Yes I am talking from personal experience, I use a carbon filter now as that is the best you can get. I used ona gel a couple years ago when I first started and haven't used it since. The ozone generator I have not used personally but at my hydro store they are using one and you cannot smell a thing. They are using it for a 3 foot tall 4 foot wide citronella plant (mosquito plant) in an ebb and flow system. You can look through my threads if you like to see me using them. I looked through your threads and cannot seem to find any grow journals that show you using any sort of smell control.......


----------



## boneyshapeye (Dec 9, 2009)

i love that topsee turvee upside down thing lol hows that work just like the tommato thing on tv?


----------



## Yaboii (Dec 9, 2009)

SmokeyMcChokey said:


> well dude i gotta + rep ya for this one man. Thats a pretty sweet setup you got runnin there. Damn slick i see those trailers all over the place and would never have thought hey i bet thats a grow op. lol


Thanks Smoke! Yea until the idea of growing inside a trailer hit me, I never ever thought twice that somebody might be growing inside of one.. hehe


----------



## Yaboii (Dec 9, 2009)

boneyshapeye said:


> i love that topsee turvee upside down thing lol hows that work just like the tommato thing on tv?


Yea they are just like the ones you see on TV just homemade.. 

Here is a link for a DIY..

http://www.minifarmhomestead.com/gardening/tomato.htm


http://www.ehow.com/how_4724848_down-homemade-topsy-turvy-container.html

Instructions
*Things You'll Need:*



 Tomato seeds
 Five gallon bucket
 Drill
 Saw bit for the drill
 Piece of mesh or plastic wrap
 Soil
 Large, heavy duty screw hook
 


 Step 1
Buy tomato seeds. Browse the the site of a reputable seed dealer, such as Nature Hills Nursery (link in "Resources" section, below). Read about the flavors, growing time, and uses for each tomato variety before making your purchase.
 Step 2
 


Drill hole in bucket
 Grow your tomato seeds indoors, using a small Dixie-cup sized container. It should germinate within the week, and in several weeks you'll have a seedling that's about eight inches (8") tall. At this point, your tomato plant is ready to be taken outdoors.
 Step 3
 


Prepare your five-gallon bucket by drilling a hole in the bottom with the round saw drill bit. This is going to be the hole through which you'll insert the tomato plant.
 Step 4
 


Turn the bucket right-side-up, and place the mesh or plastic wrap across the hole. The mesh or plastic wrap will keep the soil from spilling out through the hole.
 Step 5
 


Fill the bucket with a rich gardening soil. Try to find one that's made specifically for vegetable gardening. Miracle Grow makes a good one.
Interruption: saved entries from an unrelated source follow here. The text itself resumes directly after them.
//! Readers of actions that turn the flow of control or end the program (ISO/IEC 1539-1:2018, 11.1.12, 11.1.7.4.4, 11.4,
//! 11.5 and 15.6.2.7).

ghost use Rattle.std.specs.Prelude.{codes};
ghost use Rattle.expr_reader.specs.Results.{Gives};
ghost use Rattle.expr_reader.specs.Words.{tokens_of};
ghost use Rattle.fortran_tree.specs.ActionViews as forms;
ghost use Rattle.fortran_tree.specs.Statements as tree;
ghost use Rattle.statement_reader.specs.Actions as actions;
ghost use Rattle.statement_reader.specs.Keywords.{after, made};

use action_reader::key::{key, maybe_name};
use action_reader::specifier::maybe_expression;
use expr_reader::error::ReadError;
use expr_reader::word::Word;
use fortran_tree::action::ActionForm;
use std::alloc::Global;

/// EXIT (R1156).
#[tactic(auto, using(crate::proofs::Keyed::keyed_laws))]
pub(crate) fn exit(words: &[Word]) -> Result<(ActionForm, &[Word]), ReadError>
    ensures { Gives (λ r. (forms.action_statement r.0, tokens_of r.1.now)) result (after (codes "exit") (made tree.exit actions.maybe_name) 0 (tokens_of words.now)) }
{
    let rest = key(words, b"exit")?;
    let (construct, rest) = maybe_name(rest)?;
    Ok((ActionForm::Exit { construct }, rest))
}

/// CYCLE (R1133).
#[tactic(auto, using(crate::proofs::Keyed::keyed_laws))]
pub(crate) fn cycle(words: &[Word]) -> Result<(ActionForm, &[Word]), ReadError>
    ensures { Gives (λ r. (forms.action_statement r.0, tokens_of r.1.now)) result (after (codes "cycle") (made tree.cycle actions.maybe_name) 0 (tokens_of words.now)) }
{
    let rest = key(words, b"cycle")?;
    let (construct, rest) = maybe_name(rest)?;
    Ok((ActionForm::Cycle { construct }, rest))
}

/// RETURN (R1542).
#[tactic(auto, using(crate::proofs::Keyed::keyed_laws))]
pub(crate) fn returned(words: &[Word]) -> Result<(ActionForm, &[Word]), ReadError>
    ensures { Gives (λ r. (forms.action_statement r.0, tokens_of r.1.now)) result (made (actions.of_none tree.return) (actions.a_key (codes "return")) 0 (tokens_of words.now)) }
{
    let rest = key(words, b"return")?;
    Ok((ActionForm::Return, rest))
}

/// STOP (R1160).
#[tactic(auto, using(crate::proofs::Keyed::keyed_laws))]
pub(crate) fn stop<'a>(
    alloc: Global,
    words: &'a [Word],
    left: u32,
) -> Result<(ActionForm, &'a [Word]), ReadError>
    ensures { Gives (λ r. (forms.action_statement r.0, tokens_of r.1.now)) result (after (codes "stop") (made tree.stop actions.maybe_expression) left (tokens_of words.now)) }
{
    let rest = key(words, b"stop")?;
    let (code, rest) = maybe_expression(alloc, rest, left)?;
    Ok((ActionForm::Stop { code }, rest))
}

/// ERROR STOP (R1161).
#[tactic(auto, using(crate::proofs::Keyed::keyed_laws))]
pub(crate) fn error_stop<'a>(
    alloc: Global,
    words: &'a [Word],
    left: u32,
) -> Result<(ActionForm, &'a [Word]), ReadError>
    ensures { Gives (λ r. (forms.action_statement r.0, tokens_of r.1.now)) result (after (codes "error") (after (codes "stop") (made tree.error_stop actions.maybe_expression)) left (tokens_of words.now)) }
{
    let rest = key(words, b"error")?;
    let rest = key(rest, b"stop")?;
    let (code, rest) = maybe_expression(alloc, rest, left)?;
    Ok((ActionForm::ErrorStop { code }, rest))
}

/// FAIL IMAGE (R1163).
#[tactic(auto, using(crate::proofs::Keyed::keyed_laws))]
pub(crate) fn fail_image(words: &[Word]) -> Result<(ActionForm, &[Word]), ReadError>
    ensures { Gives (λ r. (forms.action_statement r.0, tokens_of r.1.now)) result (after (codes "fail") (made (actions.of_none tree.fail_image) (actions.a_key (codes "image"))) 0 (tokens_of words.now)) }
{
    let rest = key(words, b"fail")?;
    let rest = key(rest, b"image")?;
    Ok((ActionForm::FailImage, rest))
}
When you've filled it about half-way, pour in some extended-release plant fertilizer pellets that feed the plants for three months, and mix it in.
 Step 6
 


Fill the bucket the rest of the way, and repeat the plant fertilizer application. Mix again.
 Step 7
 


If you live in the South, where summers are brutally hot, use the saw drill bit again, to drill a hole in the lid. Leaving the lid on will help prevent the water evaporating too quickly after you water it. If you live where the summers are more temperate, you can leave the lid off. You can water your tomato plant through this hole easily.
 Step 8
Find the place in your yard where you want your tomato plants to grow. Consider how much sun or shade you'll need, depending on the climate where you live. Tomatoes like sun, but in the south they also need several hours of shade, so that they don't crack. Screw the hook in.
 Step 9
 


Hang the bucket from the hook.
 Step 10
 


Poke a cross-hatch hole in the plastic or mesh.
 Step 11
Insert the tomato plant seedling into the hole.
 Step 12
Water immediately, then water every couple of days. If you live in the south, and your temperatures are in the high 90s or 100s, you may need to water twice a day.


----------



## boneyshapeye (Dec 9, 2009)

Yaboii said:


> Yea they are just like the ones you see on TV just homemade..
> 
> Here is a link for a DIY..
> 
> ...


o nice + rep im gunna give that a try this weekend dident rely think about it lol how it workin 4 ya were does all the run off of the water go


----------



## Yaboii (Dec 10, 2009)

boneyshapeye said:


> o nice + rep im gunna give that a try this weekend dident rely think about it lol how it workin 4 ya *were does all the run off of the water go *



Right on Bon thanks! 

I was giving them 2 cups of H20, but yes they would drip some so I cut back to 1 cup and no more drips. I also have plants below to catch any if it does happen.


----------



## boneyshapeye (Dec 10, 2009)

right on brotha ill subscribe this 1 its an original first of its kind trailer grow hope ya make out well in the end


----------



## Yaboii (Dec 12, 2009)

I posted this in the WALMART thread permalink already, but wanted everyone that's checkin out my grow to have a chance to get one..



 Walmart $10

Remote control power outlet... found in the Xmas light section to control xmas lights...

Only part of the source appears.